Butte Creek. In December 2010, a second release of crude oil occurred. RMP was not
associated with the December release.
Approximately sixty homeowners living along the path of the spill filed claims against
CPL for trespass, nuisance, negligence, and breach of contract, and sought payment of damages
caused by the June spill and the December spill.
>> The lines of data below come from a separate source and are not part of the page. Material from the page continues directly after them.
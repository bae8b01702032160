ghost use Rattle.zb_process.specs.Layouts as layouts;

use crate::Expr;
use std::alloc::{AllocError, Global};
use zb_base::{List, Text};
use zb_format::{Cursor, Encoder, Fields, Format, ReadFault, Skip, pairs};

/// What a node is.
#[derive(Clone, Copy, Debug, PartialEq, Eq)]
pub enum NodeKind {
    StartEvent,
    MessageStartEvent,
    EndEvent,
    TerminateEndEvent,
    CompensationEndEvent,
    ServiceTask,
    ReceiveTask,
    SubProcess,
    ExclusiveGateway,
    ParallelGateway,
    EventBasedGateway,
    /// An intermediate catch event that waits for a date.
    DateCatchEvent,
    /// An intermediate catch event that waits for so long.
    DurationCatchEvent,
    /// An intermediate catch event that waits for a message.
    MessageCatchEvent,
    /// An intermediate throw event.
    ThrowEvent,
    /// An intermediate throw event that undoes what has finished.
    CompensationThrowEvent,
    DateBoundaryEvent,
    DurationBoundaryEvent,
    MessageBoundaryEvent,
    ErrorBoundaryEvent,
    CompensationBoundaryEvent,
}

/// A process model.
#[derive(Drop)]
pub struct Model {
    /// The id of the process.
    pub process: Text,
    /// The version tag, maybe empty.
    pub tag: Text,
    pub nodes: List<Node>,
    pub flows: List<Flow>,
}

#[tactic(auto, unfolding(crate::specs::Layouts::model))]
impl Format for Model {
    ghost layout = { layouts.model };

    fn write(&self, encoder: &mut Encoder) -> Result<(), AllocError> {
        pairs!(&self.process, &self.tag, &self.nodes, &self.flows).encode(encoder)
    }

    fn read(alloc: Global, cursor: &mut Cursor<'_>) -> Result<Model, ReadFault> {
        let pairs!(process, tag, nodes, flows) = Format::read(alloc, cursor)?;
        Ok(Model {
            process,
            tag,
            nodes,
            flows,
        })
    }
}

impl Skip for Model {}

/// A node of a model. A text that is absent is empty.
#[derive(Drop)]
pub struct Node {
    pub id: Text,
    pub kind: NodeKind,
    /// The id of its subprocess, empty at the top.
    pub parent: Text,
    /// The id of the activity at whose boundary it stands.
    pub attached: Text,
    /// Whether it ends that activity.
    pub cancel: bool,
    /// The id of the default flow.
    pub otherwise: Text,
    /// The job type, the message name, the error code or the id of the handler.
    pub name: Text,
    /// The correlation key, or the time.
    pub expr: Option<Expr>,
    pub retries: u32,
    /// Whether it undoes another activity.
    pub handler: bool,
    /// Whether it runs once for each item of a collection.
    pub multi: Option<Multi>,
    pub inputs: List<Mapping>,
    pub outputs: List<Mapping>,
}

#[tactic(auto, unfolding(crate::specs::Layouts::node))]
impl Format for Node {
    ghost layout = { layouts.node };

    fn write(&self, encoder: &mut Encoder) -> Result<(), AllocError> {
        pairs!(
            &self.id,
            &self.kind,
            &self.parent,
            &self.attached,
            &self.cancel,
            &self.otherwise,
            &self.name,
            &self.expr,
            &self.retries,
            &self.handler,
            &self.multi,
            &self.inputs,
            &self.outputs
        )
        .encode(encoder)
    }

    fn read(alloc: Global, cursor: &mut Cursor<'_>) -> Result<Node, ReadFault> {
        let pairs!(
            id, kind, parent, attached, cancel, otherwise, name, expr, retries, handler, multi,
            inputs, outputs
        ) = Format::read(alloc, cursor)?;
        Ok(Node {
            id,
            kind,
            parent,
            attached,
            cancel,
            otherwise,
            name,
            expr,
            retries,
            handler,
            multi,
            inputs,
            outputs,
        })
    }
}

/// A flow from one node to another.
#[derive(Drop)]
pub struct Flow {
    pub id: Text,
    pub from: Text,
    pub to: Text,
    pub condition: Option<Expr>,
}

#[tactic(auto, unfolding(crate::specs::Layouts::flow))]
impl Format for Flow {
    ghost layout = { layouts.flow };

    fn write(&self, encoder: &mut Encoder) -> Result<(), AllocError> {
        pairs!(&self.id, &self.from, &self.to, &self.condition).encode(encoder)
    }

    fn read(alloc: Global, cursor: &mut Cursor<'_>) -> Result<Flow, ReadFault> {
        let pairs!(id, from, to, condition) = Format::read(alloc, cursor)?;
        Ok(Flow {
            id,
            from,
            to,
            condition,
        })
    }
}

/// A run for each item of a collection.
#[derive(Drop)]
pub struct Multi {
    /// Whether one run ends before the next begins.
    pub sequential: bool,
    pub collection: Expr,
    /// The name of the variable that has the item.
    pub element: Text,
}

#[tactic(auto, unfolding(crate::specs::Layouts::multi))]
impl Format for Multi {
    ghost layout = { layouts.multi };

    fn write(&self, encoder: &mut Encoder) -> Result<(), AllocError> {
        pairs!(&self.sequential, &self.collection, &self.element).encode(encoder)
    }

    fn read(alloc: Global, cursor: &mut Cursor<'_>) -> Result<Multi, ReadFault> {
        let pairs!(sequential, collection, element) = Format::read(alloc, cursor)?;
        Ok(Multi {
            sequential,
            collection,
            element,
        })
    }
}

/// A value for a variable.
#[derive(Drop)]
pub struct Mapping {
    pub source: Expr,
    /// The name of the variable.
    pub target: Text,
}

#[tactic(auto, unfolding(crate::specs::Layouts::mapping))]
impl Format for Mapping {
    ghost layout = { layouts.mapping };

    fn write(&self, encoder: &mut Encoder) -> Result<(), AllocError> {
        (&self.source, &self.target).encode(encoder)
    }

    fn read(alloc: Global, cursor: &mut Cursor<'_>) -> Result<Mapping, ReadFault> {
        let (source, target) = Format::read(alloc, cursor)?;
        Ok(Mapping { source, target })
    }
}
CPL settled with the Homeowners in one lump
sum. In the meantime, CPL filed a counterclaim against RMP alleging negligence, trespass,
private nuisance, and violation of the federal Oil Pollution Act (OPA). Among other damages,
CPL seeks reimbursement of some, if not all, of the settlement money on the theory that RMP
tortious actions caused the Homeowners’ damages.
ANALYSIS
RMP moves for partial summary judgment on CPL’s claim for reimbursement, asserting
that CPL’s request is a claim for contribution, which is barred by the Utah Liability Reform Act
(ULRA), Utah Code Ann. § 78B-5-820.
Summary Judgment Standard
A court must grant summary judgment when the moving party “shows that there is no
genuine dispute as to any material fact and the movant is entitled to judgment as a matter of law.”
Fed. R. Civ. P. 56(a).
CPL contends that RMP’s request for partial summary judgment on certain damages
arising under separate causes of action is procedurally improper. The court disagrees.
The plain language of Rule 56 allows a court to grant partial summary judgment on a
portion of a claim. “A party may move for summary judgment, identifying each claim or
defense—or the part of each claim or defense—on which summary judgment is sought.” Fed. R.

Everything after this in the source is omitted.